Task directions> For the word "Option", count the lines below that contain it. Give the number alone.

=== Supplied entries ===

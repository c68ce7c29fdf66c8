//! The file and directory objects that one commit needs and another doesn't.
ghost use Rattle.std.specs.Prelude.{◌≡◌, IfOk, OnErr, OnOk, Some, if◌then◌else◌};
ghost use Rattle.std.specs.BTreeMap.{IsOrdered};
ghost use Rattle.std.specs.FinMap as map;
ghost use Rattle.ids.specs.Key.{Objects};
ghost use Rattle.ids.specs.MapView.{map_of};
ghost use Rattle.ids.specs.ObjectId.{id_cmp};
ghost use Rattle.object_graph.specs.FsIds.{fs_ids, fs_ids_of, needs_if};
ghost use Rattle.object_store.specs.StoreView.{objects_of};
ghost use Rattle.tree_walk.specs.Known.{is_wanted, with_ids};
ghost use Rattle.tree_walk.specs.KnownTrees.{Fits};
ghost use Rattle.tree_walk.specs.Reaching.{HasFsOf};
ghost use Rattle.tree_walk.specs.Reading.{Answers, Reads};
ghost use Rattle.tree_walk.specs.Visits.{commit_due, commits_due};

use crate::checking::check;
use crate::fault::WalkFault;
use crate::known::table_of;
use crate::known_trees::Known;
use crate::reaching::reached;
use ids::{IdList, Key, KeyList, KeyTable, Kind, ObjId};
use object_store::{Shelf, Store};
use std::alloc::{AllocError, Global};
use std::collections::BTreeMap;

/// The ids of the files and directories that the server's commit needs and the client's doesn't, in ascending order.
///
/// The first fault of the server's traversal is answered, and then that of the client's. What is known to be whole isn't
/// walked for faults again; then, for each of the two commits, each directory that it needs is read once, and no file.
pub fn fs_ids<S: Shelf>(
    alloc: Global,
    store: &mut Store<S>,
    known: &mut Known,
    server: ObjId,
    client: Option<ObjId>,
) -> Result<IdList, WalkFault>
    requires known { (objects : Objects) → objects_of S.contents store.old ≡ Some objects → Fits objects known.old }
    ensures value { (objects : Objects) → objects_of S.contents store.old ≡ Some objects
        → Answers objects (commits_due objects server client) (λ ids. ids ≡ fs_ids objects server client) result }
    ensures known { (objects : Objects) → objects_of S.contents store.old ≡ Some objects → Fits objects known.new }
    ensures stays { Reads S.contents S.may_give S.texts S.faults store.old store.new result }
{
    match check(alloc, store, known, server) {
        Ok(()) => {}
        Err(fault) => return Err(fault),
    }
    let wanted = match reached(alloc, store, false, server) {
        Ok(wanted) => wanted,
        Err(fault) => return Err(fault),
    };
    let had = match reached_if(alloc, store, known, client) {
        Ok(had) => had,
        Err(fault) => return Err(fault),
    };
    let ids = list(alloc, wanted, &had)?;
    Ok(ids)
}

/// The files and directories that a commit needs, if there is one.
fn reached_if<S: Shelf>(
    alloc: Global,
    store: &mut Store<S>,
    known: &mut Known,
    commit: Option<ObjId>,
) -> Result<KeyList, WalkFault>
    requires known { (objects : Objects) → objects_of S.contents store.old ≡ Some objects → Fits objects known.old }
    ensures value { (objects : Objects) → objects_of S.contents store.old ≡ Some objects
        → Answers objects (commit_due objects commit) (λ keys. HasFsOf keys (needs_if objects commit)) result }
    ensures known { (objects : Objects) → objects_of S.contents store.old ≡ Some objects → Fits objects known.new }
    ensures stays { Reads S.contents S.may_give S.texts S.faults store.old store.new result }
{
    let commit = match commit {
        Some(commit) => commit,
        None => return Ok(KeyList::new(alloc)),
    };
    match check(alloc, store, known, commit) {
        Ok(()) => {}
        Err(fault) => return Err(fault),
    }
    match reached(alloc, store, false, commit) {
        Ok(keys) => Ok(keys),
        Err(fault) => Err(fault),
    }
}

/// The ids of those keys that are of files or directories and aren't known, in ascending order.
fn list(alloc: Global, wanted: KeyList, known: &KeyList) -> Result<IdList, AllocError>
    ensures value { IfOk result (λ ids. ids ≡ fs_ids_of wanted known.now) }
{
    let known = table_of(alloc, known.slice())?;
    let ids = ids_of(alloc, wanted.into_vec(), &known)?;
    let list = keys_of(alloc, ids)?;
    Ok(list)
}

/// The ids of those keys that are of files or directories and aren't known.
fn ids_of(
    alloc: Global,
    wanted: Vec<Key>,
    known: &KeyTable<()>,
) -> Result<BTreeMap<ObjId, ()>, AllocError>
    ensures value { IfOk result (λ ids. map_of id_cmp ids ≡ with_ids known.now wanted.items map.empty) }
    ensures ordered { IfOk result (IsOrdered id_cmp) }
{
    let mut wanted = wanted;
    let mut ids = BTreeMap::new(alloc);
    while let Some(key) = wanted.pop() {
        add(&mut ids, known, &key)?;
    }
    Ok(ids)
}

/// Puts the id of a key into the map, if it is of a file or directory that isn't known. After an error the map is as it was.
fn add(ids: &mut BTreeMap<ObjId, ()>, known: &KeyTable<()>, key: &Key) -> Result<(), AllocError>
    requires ordered { IsOrdered id_cmp ids.old }
    ensures ok { OnOk result (map_of id_cmp ids.new ≡ (if is_wanted known.now key.now then map.insert (map_of id_cmp ids.old) key.now.id tt else map_of id_cmp ids.old)) }
    ensures err { OnErr result (map_of id_cmp ids.new ≡ map_of id_cmp ids.old) }
    ensures ordered { IsOrdered id_cmp ids.new }
{
    if is_wanted(known, key) {
        insert(ids, &key.id)
    } else {
        Ok(())
    }
}

/// Whether a key is of a file or directory that isn't known.
fn is_wanted(known: &KeyTable<()>, key: &Key) -> bool
    ensures value { result ≡ is_wanted known.now key.now }
{
    key.kind == Kind::Fs && !known.has(key)
}

/// Puts an id into the map. After an error the map is as it was.
fn insert(ids: &mut BTreeMap<ObjId, ()>, id: &ObjId) -> Result<(), AllocError>
    ensures ok { OnOk result (map_of id_cmp ids.new ≡ map.insert (map_of id_cmp ids.old) id.now tt) }
    ensures err { OnErr result (map_of id_cmp ids.new ≡ map_of id_cmp ids.old) }
    ensures ordered { IsOrdered id_cmp ids.new }
{
    match ids.insert(*id, ()) {
        Ok(_) => Ok(()),
        Err(failed) => Err(failed.into()),
    }
}

/// The ids of a map, in ascending order.
fn keys_of(alloc: Global, ids: BTreeMap<ObjId, ()>) -> Result<IdList, AllocError>
    requires ordered { IsOrdered id_cmp ids }
    ensures value { IfOk result (λ list. list ≡ map.keys (map_of id_cmp ids)) }
{
    let mut ids = ids;
    let mut list = IdList::new(alloc);
    while let Some((id, ())) = ids.pop_first() {
        list.push(id)?;
    }
    Ok(list)
}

===

Answer below> 2